Matt Barnes
Research Associate
Matt Barnes is an integralist, collecting and synthesizing ideas. An explorer where the rivers flow from the Land of Shining Mountains to the Great American Desert. A ranger without a park, a rancher without a ranch, a scientist outside of the academy; a cultivator of wildness in self, culture, and nature.
His explorations in science and conservation have focused on leading-edge rangeland stewardship, mostly collaboratively with ranchers and other land managers, asking how to live on working wildlands and with native wildlife, especially bears and wolves, in ways that are regenerative.
Matt provides scientific information on wolves and wolf-livestock coexistence in Colorado, where the first use of direct democracy to restore an endangered species passed in 2020 and Colorado is now planning a state-led reintroduction. He is on the Colorado Parks and Wildlife wolf restoration Stakeholder Advisory Group, is a science advisor of the Rocky Mountain Wolf Project, collaborates with the CSU Center for Human-Carnivore Coexistence, and is a member of the Southwest Colorado Wolf Cooperative, where he helped organize the Durango Wolf Symposium.

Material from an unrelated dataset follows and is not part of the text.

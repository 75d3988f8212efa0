// Facts on numbers and lists that the kit's library lacks; the crate has no code.
#![tactic(auto)]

He investigated potential corridors for large carnivores between the Northern and Southern Rockies, culminating in a source-to confluence expedition down the Green River from Wyoming to Colorado and Utah.
Matt is actively involved in the Society for Range Management, where he co-organized the inaugural Range Practicum, the recurring Stockmanship Symposium, and the Low-Input Grass-fed Livestock Production Symposium. As President of the Colorado Section SRM, he organized a symposium to resolve a longstanding debate over planned rotational grazing, culminating in a special issue of the Rangelands journal on Strategic Grazing Management for Complex Creative Systems.
Matt is also owner of Shining Horizons Land Management, through which he works with ranchers and agencies on rangeland grazing planning and monitoring, and previously as a ranch manager on a custom cattle grazing operation in western Colorado, where he demonstrated improvements in both land health and grazing capacity with strategic grazing management.
Matt previously worked with the nonprofit People and Carnivores in Montana and Wyoming, where he developed approaches to livestock management for coexistence with large carnivores, including strategic grazing management and low-stress herding. He served as a rangeland management specialist in the USDA Natural Resources Conservation Service, a prescribed fire manager with the USDI Bureau of Indian Affairs Branch of Forestry, serving five tribes in northwest-central Arizona; and seasonally as a grizzly bear technician for Idaho Fish and Game, and as a bear technician in Yosemite National Park.
He holds an MS in Range Science from Utah State University and a BS in Wildlife Ecology from the University of Arizona.